### ASSIGNMENT
The exercise asks you to copy every line below in which "Option" appears.

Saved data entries
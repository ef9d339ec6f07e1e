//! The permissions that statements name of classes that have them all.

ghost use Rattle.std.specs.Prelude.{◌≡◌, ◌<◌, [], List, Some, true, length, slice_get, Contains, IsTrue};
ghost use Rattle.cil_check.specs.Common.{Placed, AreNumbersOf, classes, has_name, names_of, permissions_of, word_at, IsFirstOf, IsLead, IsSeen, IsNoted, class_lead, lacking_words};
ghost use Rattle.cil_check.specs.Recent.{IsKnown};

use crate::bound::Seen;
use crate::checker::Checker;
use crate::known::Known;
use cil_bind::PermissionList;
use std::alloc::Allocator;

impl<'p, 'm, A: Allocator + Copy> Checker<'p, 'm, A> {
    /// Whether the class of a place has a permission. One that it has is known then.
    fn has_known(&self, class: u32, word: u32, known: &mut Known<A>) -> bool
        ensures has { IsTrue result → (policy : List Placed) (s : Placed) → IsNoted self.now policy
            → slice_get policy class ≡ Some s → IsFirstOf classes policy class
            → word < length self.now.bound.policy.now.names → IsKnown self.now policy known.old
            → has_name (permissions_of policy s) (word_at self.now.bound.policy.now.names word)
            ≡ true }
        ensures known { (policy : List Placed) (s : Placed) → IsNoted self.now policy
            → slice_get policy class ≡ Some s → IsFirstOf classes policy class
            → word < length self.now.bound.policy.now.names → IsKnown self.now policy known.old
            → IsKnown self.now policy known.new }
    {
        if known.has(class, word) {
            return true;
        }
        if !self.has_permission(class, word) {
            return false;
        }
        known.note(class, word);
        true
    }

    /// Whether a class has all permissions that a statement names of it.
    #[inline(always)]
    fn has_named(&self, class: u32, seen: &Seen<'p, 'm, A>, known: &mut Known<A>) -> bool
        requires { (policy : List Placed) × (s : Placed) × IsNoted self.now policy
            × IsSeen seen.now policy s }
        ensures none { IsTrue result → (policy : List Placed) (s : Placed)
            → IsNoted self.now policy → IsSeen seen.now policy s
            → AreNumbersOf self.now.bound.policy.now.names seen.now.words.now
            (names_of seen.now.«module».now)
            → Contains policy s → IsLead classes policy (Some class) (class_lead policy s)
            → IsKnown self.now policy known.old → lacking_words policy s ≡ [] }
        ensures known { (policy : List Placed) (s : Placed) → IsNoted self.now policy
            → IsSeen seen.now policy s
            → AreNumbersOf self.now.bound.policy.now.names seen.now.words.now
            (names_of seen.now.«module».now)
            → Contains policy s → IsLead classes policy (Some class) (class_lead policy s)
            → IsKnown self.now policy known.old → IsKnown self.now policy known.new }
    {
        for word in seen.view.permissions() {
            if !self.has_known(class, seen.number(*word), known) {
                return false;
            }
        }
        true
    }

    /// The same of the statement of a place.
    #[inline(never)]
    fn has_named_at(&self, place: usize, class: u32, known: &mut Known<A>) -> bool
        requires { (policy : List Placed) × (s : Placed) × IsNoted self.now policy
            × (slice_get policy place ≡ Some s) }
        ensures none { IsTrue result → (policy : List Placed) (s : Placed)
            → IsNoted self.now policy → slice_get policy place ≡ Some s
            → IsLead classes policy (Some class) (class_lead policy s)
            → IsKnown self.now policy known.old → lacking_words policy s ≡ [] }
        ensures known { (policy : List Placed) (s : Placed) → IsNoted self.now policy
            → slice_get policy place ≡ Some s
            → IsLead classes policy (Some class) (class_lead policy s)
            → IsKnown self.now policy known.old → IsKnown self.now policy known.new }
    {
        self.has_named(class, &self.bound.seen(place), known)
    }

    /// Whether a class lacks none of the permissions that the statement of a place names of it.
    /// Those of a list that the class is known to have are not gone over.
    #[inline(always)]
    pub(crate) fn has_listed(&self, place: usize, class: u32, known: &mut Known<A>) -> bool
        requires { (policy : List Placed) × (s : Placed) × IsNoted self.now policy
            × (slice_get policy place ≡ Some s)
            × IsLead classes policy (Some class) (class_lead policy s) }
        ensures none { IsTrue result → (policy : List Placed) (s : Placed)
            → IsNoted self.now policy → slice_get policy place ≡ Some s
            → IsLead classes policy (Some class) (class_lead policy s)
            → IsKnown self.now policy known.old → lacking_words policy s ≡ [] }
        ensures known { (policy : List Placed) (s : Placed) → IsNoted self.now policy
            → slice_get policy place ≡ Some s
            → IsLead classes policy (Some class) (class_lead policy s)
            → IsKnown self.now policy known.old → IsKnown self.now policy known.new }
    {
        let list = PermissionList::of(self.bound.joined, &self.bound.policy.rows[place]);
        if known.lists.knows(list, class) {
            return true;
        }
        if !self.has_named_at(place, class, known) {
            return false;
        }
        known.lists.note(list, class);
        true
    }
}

==

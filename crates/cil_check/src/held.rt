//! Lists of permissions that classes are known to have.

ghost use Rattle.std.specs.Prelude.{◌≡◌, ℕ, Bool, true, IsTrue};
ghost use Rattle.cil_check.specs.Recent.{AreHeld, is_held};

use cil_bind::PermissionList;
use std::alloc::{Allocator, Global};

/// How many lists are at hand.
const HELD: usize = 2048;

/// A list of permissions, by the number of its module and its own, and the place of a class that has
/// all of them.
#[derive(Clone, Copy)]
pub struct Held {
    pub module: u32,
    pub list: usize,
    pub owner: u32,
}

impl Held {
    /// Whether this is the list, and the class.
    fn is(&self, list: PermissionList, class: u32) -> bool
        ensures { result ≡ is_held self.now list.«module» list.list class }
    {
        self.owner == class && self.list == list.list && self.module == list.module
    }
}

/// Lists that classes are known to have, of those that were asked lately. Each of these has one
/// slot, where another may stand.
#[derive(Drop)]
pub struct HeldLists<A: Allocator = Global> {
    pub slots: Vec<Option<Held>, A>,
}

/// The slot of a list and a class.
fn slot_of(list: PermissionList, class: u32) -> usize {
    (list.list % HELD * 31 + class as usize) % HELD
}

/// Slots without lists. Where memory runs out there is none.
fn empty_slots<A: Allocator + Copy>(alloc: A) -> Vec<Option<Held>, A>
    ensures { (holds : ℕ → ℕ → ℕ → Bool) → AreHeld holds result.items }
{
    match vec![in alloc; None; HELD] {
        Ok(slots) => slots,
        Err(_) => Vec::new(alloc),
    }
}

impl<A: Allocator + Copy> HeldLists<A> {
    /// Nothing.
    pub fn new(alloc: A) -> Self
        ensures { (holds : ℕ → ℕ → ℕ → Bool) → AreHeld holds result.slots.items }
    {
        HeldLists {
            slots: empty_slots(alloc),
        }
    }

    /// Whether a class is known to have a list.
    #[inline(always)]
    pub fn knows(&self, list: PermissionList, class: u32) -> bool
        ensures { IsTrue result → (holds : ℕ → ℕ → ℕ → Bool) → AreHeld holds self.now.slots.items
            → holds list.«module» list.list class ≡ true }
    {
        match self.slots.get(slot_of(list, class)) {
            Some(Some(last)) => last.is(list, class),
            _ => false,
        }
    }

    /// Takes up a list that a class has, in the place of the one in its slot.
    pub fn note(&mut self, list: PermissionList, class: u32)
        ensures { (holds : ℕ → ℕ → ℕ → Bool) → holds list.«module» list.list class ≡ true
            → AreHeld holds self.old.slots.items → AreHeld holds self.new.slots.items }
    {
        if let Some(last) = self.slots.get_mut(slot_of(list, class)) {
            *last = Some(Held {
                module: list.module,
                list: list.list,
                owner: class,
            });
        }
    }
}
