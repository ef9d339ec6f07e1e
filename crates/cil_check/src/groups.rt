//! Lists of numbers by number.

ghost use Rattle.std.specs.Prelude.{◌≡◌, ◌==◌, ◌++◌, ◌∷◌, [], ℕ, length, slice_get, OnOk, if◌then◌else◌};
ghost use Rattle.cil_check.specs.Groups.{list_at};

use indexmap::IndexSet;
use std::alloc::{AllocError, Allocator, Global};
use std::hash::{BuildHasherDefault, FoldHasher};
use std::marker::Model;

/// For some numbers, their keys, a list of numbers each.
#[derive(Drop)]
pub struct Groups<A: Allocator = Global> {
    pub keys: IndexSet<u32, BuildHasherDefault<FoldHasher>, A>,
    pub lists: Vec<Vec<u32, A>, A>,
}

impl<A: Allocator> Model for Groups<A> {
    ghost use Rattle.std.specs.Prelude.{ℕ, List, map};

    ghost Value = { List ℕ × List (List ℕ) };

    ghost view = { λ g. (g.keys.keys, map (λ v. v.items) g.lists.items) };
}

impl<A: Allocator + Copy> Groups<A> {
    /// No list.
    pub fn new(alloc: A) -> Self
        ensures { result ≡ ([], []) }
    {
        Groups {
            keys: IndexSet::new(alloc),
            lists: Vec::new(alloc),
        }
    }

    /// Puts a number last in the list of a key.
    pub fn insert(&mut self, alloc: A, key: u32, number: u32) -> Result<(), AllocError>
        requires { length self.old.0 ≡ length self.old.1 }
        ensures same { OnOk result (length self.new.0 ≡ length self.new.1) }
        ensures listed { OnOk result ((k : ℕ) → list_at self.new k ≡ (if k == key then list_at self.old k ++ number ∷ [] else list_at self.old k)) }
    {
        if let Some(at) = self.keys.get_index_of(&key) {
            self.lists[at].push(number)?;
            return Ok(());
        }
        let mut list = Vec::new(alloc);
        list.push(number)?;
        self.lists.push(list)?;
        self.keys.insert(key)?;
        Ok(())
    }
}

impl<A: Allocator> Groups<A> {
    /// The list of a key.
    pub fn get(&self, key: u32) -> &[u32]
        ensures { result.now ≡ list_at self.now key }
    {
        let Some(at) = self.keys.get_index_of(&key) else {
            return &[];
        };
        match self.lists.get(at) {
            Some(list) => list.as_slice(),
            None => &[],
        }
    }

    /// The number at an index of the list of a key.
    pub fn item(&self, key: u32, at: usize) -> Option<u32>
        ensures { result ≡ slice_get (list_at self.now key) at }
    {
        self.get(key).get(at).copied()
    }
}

### ANSWER BOX
    pub slots: Vec<Option<Held>, A>,
fn empty_slots<A: Allocator + Copy>(alloc: A) -> Vec<Option<Held>, A>
    pub fn item(&self, key: u32, at: usize) -> Option<u32>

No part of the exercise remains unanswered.